[Items listed in a dataset]
····················

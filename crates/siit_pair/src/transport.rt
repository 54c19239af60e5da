//! TCP segments and UDP datagrams that come out of a pair (RFC 7915 sections 4.5 and 5.5).
ghost use Rattle.siit_pair.specs.Same.{has_right_checksum, have_header, is_same_computed, is_same_tcp, is_same_udp};
ghost use Rattle.std.specs.Prelude.{◌≡◌, ◌≤◌, length};

use crate::equal::{is_same_moved, is_same_unsummed};
use siit_addr::Addresses4;
use siit_checksum::{pseudo_sum4, sum_of};
use siit_roles::Settings;
use siit_upper::UDP;
use siit_word::get16;

/// The length of a TCP header without options, in bytes (RFC 793).
const TCP_HEADER: usize = 20;

/// The place of the checksum in it.
const TCP_CHECKSUM: usize = 16;

/// The length of a UDP header in bytes (RFC 768).
const UDP_HEADER: usize = 8;

/// The place of the length in it.
const UDP_LENGTH: usize = 4;

/// The place of the checksum in it.
const UDP_CHECKSUM: usize = 6;

/// Whether both payloads have a header of at least so many bytes.
pub(crate) fn have_header(least: usize, old: &[u8], new: &[u8]) -> bool
    ensures { result ≡ have_header least old.now new.now }
{
    old.len() >= least && new.len() >= least
}

/// Whether a TCP segment came out as it went in.
pub(crate) fn is_same_tcp(old: &[u8], new: &[u8]) -> bool
    ensures { result ≡ is_same_tcp old.now new.now }
{
    have_header(TCP_HEADER, old, new) && is_same_moved(TCP_CHECKSUM, old, new)
}

/// Whether a UDP datagram between these addresses came out as it went in, with a right checksum where it had none.
pub(crate) fn is_same_udp(first: &Settings, ends: Addresses4, old: &[u8], new: &[u8]) -> bool
    requires { length new.now ≤ 65535 }
    ensures { result ≡ is_same_udp first.now ends.src.0 ends.dst.0 old.now new.now }
{
    if !have_header(UDP_HEADER, old, new) {
        return false;
    }
    if get16(old, UDP_CHECKSUM) == 0 {
        is_same_computed(first, ends, old, new)
    } else {
        is_same_moved(UDP_CHECKSUM, old, new)
    }
}

/// The same of a datagram that had no checksum.
fn is_same_computed(first: &Settings, ends: Addresses4, old: &[u8], new: &[u8]) -> bool
    requires old { 8 ≤ length old.now }
    requires new { 8 ≤ length new.now }
    requires most { length new.now ≤ 65535 }
    ensures { result ≡ is_same_computed first.now ends.src.0 ends.dst.0 old.now new.now }
{
    first.udp_compute
        && usize::from(get16(old, UDP_LENGTH)) == old.len()
        && is_same_unsummed(UDP_CHECKSUM, old, new)
        && has_right_checksum(ends, new)
}

/// Whether a datagram between these addresses has a checksum, and a right one (RFC 768).
fn has_right_checksum(ends: Addresses4, datagram: &[u8]) -> bool
    requires header { 8 ≤ length datagram.now }
    requires most { length datagram.now ≤ 65535 }
    ensures { result ≡ has_right_checksum ends.src.0 ends.dst.0 datagram.now }
{
    let pseudo = pseudo_sum4(ends.src.0, ends.dst.0, UDP, datagram.len() as u16);
    let sum = u32::from(pseudo) + u32::from(sum_of(datagram));
    get16(datagram, UDP_CHECKSUM) != 0 && sum % 65535 == 0
}
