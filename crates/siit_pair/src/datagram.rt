//! Whether a datagram came out of a pair as it went in.
ghost use Rattle.siit_model.specs.Ipv4.{ipv4_fields, total_length_in};
ghost use Rattle.siit_pair.specs.Same.{IsSame, has_same_payload, is_same_from, is_whole_packet, tos_behind};
ghost use Rattle.siit_roles.specs.Limits.{IsWithinLimits};
ghost use Rattle.siit_views.specs.Headers.{HasLengths4};
ghost use Rattle.std.specs.Prelude.{◌≡◌, ◌↔◌, ◌≤◌, All, IsTrue, IfSome, OnSome, is_some};

use crate::message::is_same_icmp;
use crate::pair::is_pair;
use crate::transport::{is_same_tcp, is_same_udp};
use siit_addr::Addresses4;
use siit_roles::{ChainSettings, Settings};
use siit_upper::{ICMP, TCP, UDP};
use siit_views::{Ipv4Header, PacketBuf, read4};

/// Whether these settings are a pair, and one whole IPv4 datagram is the other as it comes out of the pair's far end,
/// from either end: changed in no more than what the translation to IPv6 and back changes (RFC 7915). That is the TTL
/// by 2, the identification, Don't Fragment, the options, the lengths and the header checksum; the TOS octet where a
/// device writes 0; the spelling of a transport checksum, and that of UDP where there was none; and an ICMP error's
/// type, code, bytes 4 to 7, quote and extension.
///
/// Bytes that are no whole IPv4 packet are the same as nothing. Quotes are built in `work`, which may hold anything,
/// and nothing is said of what it holds afterwards.
pub fn same(settings: &ChainSettings, before: &[u8], after: &[u8], work: &mut PacketBuf) -> bool
    requires { All IsWithinLimits settings.now.devices }
    ensures { IsTrue result ↔ IsSame settings.now before.now after.now }
{
    if !is_pair(settings) {
        return false;
    }
    let [left, right] = settings.devices() else {
        return false;
    };
    let (Some(before), Some(after)) = (whole_packet(before), whole_packet(after)) else {
        return false;
    };
    is_same_from(left, right, &before, &after, work)
        || is_same_from(right, left, &before, &after, work)
}

/// The whole IPv4 packet in some bytes, and none where they are no packet or a fragment.
fn whole_packet(bytes: &[u8]) -> Option<Ipv4Header<'_>>
    ensures whole { is_some result ≡ is_whole_packet bytes.now }
    ensures bytes { IfSome result (λ header. header ≡ bytes.now) }
    ensures lengths { OnSome result (HasLengths4 bytes.now) }
    ensures most { OnSome result (total_length_in bytes.now ≤ 65535) }
{
    match read4(bytes) {
        Ok(header) if header.offset() == 0 && !header.mf() => Some(header),
        _ => None,
    }
}

/// Whether a datagram came out of the second device as it went into the first.
fn is_same_from(
    first: &Settings,
    second: &Settings,
    before: &Ipv4Header<'_>,
    after: &Ipv4Header<'_>,
    work: &mut PacketBuf,
) -> bool
    requires first { IsWithinLimits first.now }
    requires second { IsWithinLimits second.now }
    requires before { HasLengths4 before.now }
    requires after { HasLengths4 after.now }
    requires before_most { total_length_in before.now ≤ 65535 }
    requires after_most { total_length_in after.now ≤ 65535 }
    ensures { result ≡ is_same_from first.now second.now (ipv4_fields before.now) (ipv4_fields after.now) }
{
    after.options().is_empty()
        && u16::from(after.ttl()) + 2 == u16::from(before.ttl())
        && after.protocol() == before.protocol()
        && after.src() == before.src()
        && after.dst() == before.dst()
        && after.tos() == tos_behind(first, second, before.tos())
        && has_same_payload(first, second, before, after, work)
}

/// The TOS octet behind both devices.
fn tos_behind(first: &Settings, second: &Settings, tos: u8) -> u8
    ensures { result ≡ tos_behind first.now second.now tos }
{
    if first.tos_zero || second.tos_zero {
        0
    } else {
        tos
    }
}

/// Whether the payload came out as it went in.
fn has_same_payload(
    first: &Settings,
    second: &Settings,
    before: &Ipv4Header<'_>,
    after: &Ipv4Header<'_>,
    work: &mut PacketBuf,
) -> bool
    requires first { IsWithinLimits first.now }
    requires second { IsWithinLimits second.now }
    requires before { HasLengths4 before.now }
    requires after { HasLengths4 after.now }
    requires before_most { total_length_in before.now ≤ 65535 }
    requires after_most { total_length_in after.now ≤ 65535 }
    ensures { result ≡ has_same_payload first.now second.now (ipv4_fields before.now) (ipv4_fields after.now) }
{
    let old = before.payload();
    let new = after.payload();
    match before.protocol() {
        TCP => is_same_tcp(old, new),
        UDP => {
            let ends = Addresses4 {
                src: before.src(),
                dst: before.dst(),
            };
            is_same_udp(first, ends, old, new)
        }
        ICMP => is_same_icmp(first, second, old, new, work),
        _ => old == new,
    }
}
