//! Worked datagrams at a pair.
ghost use Rattle.siit_roles.specs.Limits.{IsWithinLimits};
ghost use Rattle.std.specs.Prelude.{◌≤◌, All, IfOk};

use crate::same;
use siit_addr::{Addr4, Addr6, Prefix4, Prefix6};
use siit_eamt::{Eam, Eamt};
use siit_map::Mapping;
use siit_rfc6052::Embed;
use siit_roles::{ChainSettings, Pool4, Role, Settings};
use siit_rules::Family;
use siit_views::PacketBuf;
use std::alloc::{AllocError, Global};
use std::test::Fail;

/// Bytes before and after, and whether they are one datagram: TCP as it was translated by hand, with another last byte,
/// and with one hop too few; nothing; a port unreachable with its quote, and with the quote as it was sent.
const ROWS: &[(&str, &str, bool)] = &[
    (
        "45000028 00014000 400668be 08080808 c0000201 c0000050 00000001 00000000 50022000 fd7f0000",
        "45000028 00010000 3e06aabe 08080808 c0000201 c0000050 00000001 00000000 50022000 fd7f0000",
        true,
    ),
    (
        "45000028 00014000 400668be 08080808 c0000201 c0000050 00000001 00000000 50022000 fd7f0000",
        "45000028 00010000 3e06aabe 08080808 c0000201 c0000050 00000001 00000000 50022000 fd7f0001",
        false,
    ),
    (
        "45000028 00014000 400668be 08080808 c0000201 c0000050 00000001 00000000 50022000 fd7f0000",
        "45000028 00010000 3f06a9be 08080808 c0000201 c0000050 00000001 00000000 50022000 fd7f0000",
        false,
    ),
    (
        "",
        "45000028 00010000 3e06aabe 08080808 c0000201 c0000050 00000001 00000000 50022000 fd7f0000",
        false,
    ),
    (
        "45000038 00010000 4001a8b3 08080808 c0000201 0303dba2 00000000 45000028 00004000 3f1169b4 \
         c0000201 08080808 00351000 00141111",
        "45000038 00070000 3e01aaad 08080808 c0000201 0303dba2 00000000 45000028 00000000 3f11a9b4 \
         c0000201 08080808 00351000 00141111",
        true,
    ),
    (
        "45000038 00010000 4001a8b3 08080808 c0000201 0303dba2 00000000 45000028 00004000 3f1169b4 \
         c0000201 08080808 00351000 00141111",
        "45000038 00070000 3e01aaad 08080808 c0000201 0303dba2 00000000 45000028 00004000 3f1169b4 \
         c0000201 08080808 00351000 00141111",
        false,
    ),
];

/// The bytes of hexadecimal digits, with spaces between them.
fn bytes_of(alloc: Global, text: &str) -> Result<Vec<u8>, AllocError> {
    let mut bytes = Vec::new(alloc);
    let mut high = None;
    for c in text.chars() {
        let Some(digit) = c.to_digit(16) else {
            continue;
        };
        match high {
            None => high = Some(digit),
            Some(other) => {
                bytes.push((other % 16 * 16 + digit % 16) as u8)?;
                high = None;
            }
        }
    }
    Ok(bytes)
}

fn prefix(x: u128, len: u8) -> Prefix6
    requires { len ≤ 128 }
{
    Prefix6 {
        addr: Addr6(x),
        len,
    }
}

/// 192.0.2.1 as 2001:db8:6464::1, and all else under the well-known prefix.
fn table(alloc: Global) -> Result<Mapping, Fail> {
    let server = Eam {
        p4: Prefix4 {
            addr: Addr4(0xc000_0201),
            len: 32,
        },
        p6: prefix(0x2001_0db8_6464_0000_0000_0000_0000_0001, 128),
    };
    let eamt = Eamt::build(alloc, &[server])?;
    let embed = Embed::new(prefix(0x0064_ff9b_0000_0000_0000_0000_0000_0000, 96))?;
    Ok(Mapping::table(eamt, embed))
}

/// The settings of a device with that table, all else by default.
fn settings(alloc: Global, role: Role, address4: u32) -> Result<Settings, Fail>
    ensures { IfOk result IsWithinLimits }
{
    Ok(Settings {
        role,
        mapping: table(alloc)?,
        address4: Addr4(address4),
        address6: Addr6(0x2001_0db8_ffff_0000_0000_0000_0000_0001),
        pool4: Pool4::new(vec![in alloc; Addr4(address4)]?),
        mtu4: 1500,
        mtu6: 1500,
        lowest: 1280,
        tos_zero: false,
        udp_compute: false,
        hairpin: false,
    })
}

/// A border and an edge with one table.
fn pair(alloc: Global) -> Result<ChainSettings, Fail>
    ensures { IfOk result (λ chain. All IsWithinLimits chain.devices) }
{
    let border = settings(alloc, Role::Border, 0xc000_02fe)?;
    let edge = settings(alloc, Role::Edge, 0xc000_02fd)?;
    Ok(ChainSettings::new(Family::Four, vec![in alloc; border, edge]?))
}

#[test]
fn worked_datagrams_are_compared(rt: HostRuntime) -> Result<(), Fail> {
    let chain = pair(rt.alloc())?;
    let mut work = PacketBuf::new(rt.alloc())?;
    for (before, after, answer) in ROWS {
        let before = bytes_of(rt.alloc(), before)?;
        let after = bytes_of(rt.alloc(), after)?;
        assert_eq!(rt; same(&chain, &before, &after, &mut work), *answer);
    }
    Ok(())
}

····················

§ **Brief**: Only the lines from the first line of the records through the line with "pub(crate) fn is_same_tcp(old: &[u8], new: &[u8])" should be reproduced, exactly and with nothing added.

§ **Task result**:
filename crates/siit_pair/src/transport.rt
repository 54c19239af60e5da
//! TCP segments and UDP datagrams that come out of a pair (RFC 7915 sections 4.5 and 5.5).
ghost use Rattle.siit_pair.specs.Same.{has_right_checksum, have_header, is_same_computed, is_same_tcp, is_same_udp};
ghost use Rattle.std.specs.Prelude.{◌≡◌, ◌≤◌, length};

use crate::equal::{is_same_moved, is_same_unsummed};
use siit_addr::Addresses4;
use siit_checksum::{pseudo_sum4, sum_of};
use siit_roles::Settings;
use siit_upper::UDP;
use siit_word::get16;

/// The length of a TCP header without options, in bytes (RFC 793).
const TCP_HEADER: usize = 20;

/// The place of the checksum in it.
const TCP_CHECKSUM: usize = 16;

/// The length of a UDP header in bytes (RFC 768).
const UDP_HEADER: usize = 8;

/// The place of the length in it.
const UDP_LENGTH: usize = 4;

/// The place of the checksum in it.
const UDP_CHECKSUM: usize = 6;

/// Whether both payloads have a header of at least so many bytes.
pub(crate) fn have_header(least: usize, old: &[u8], new: &[u8]) -> bool
    ensures { result ≡ have_header least old.now new.now }
{
    old.len() >= least && new.len() >= least
}

/// Whether a TCP segment came out as it went in.
pub(crate) fn is_same_tcp(old: &[u8], new: &[u8]) -> bool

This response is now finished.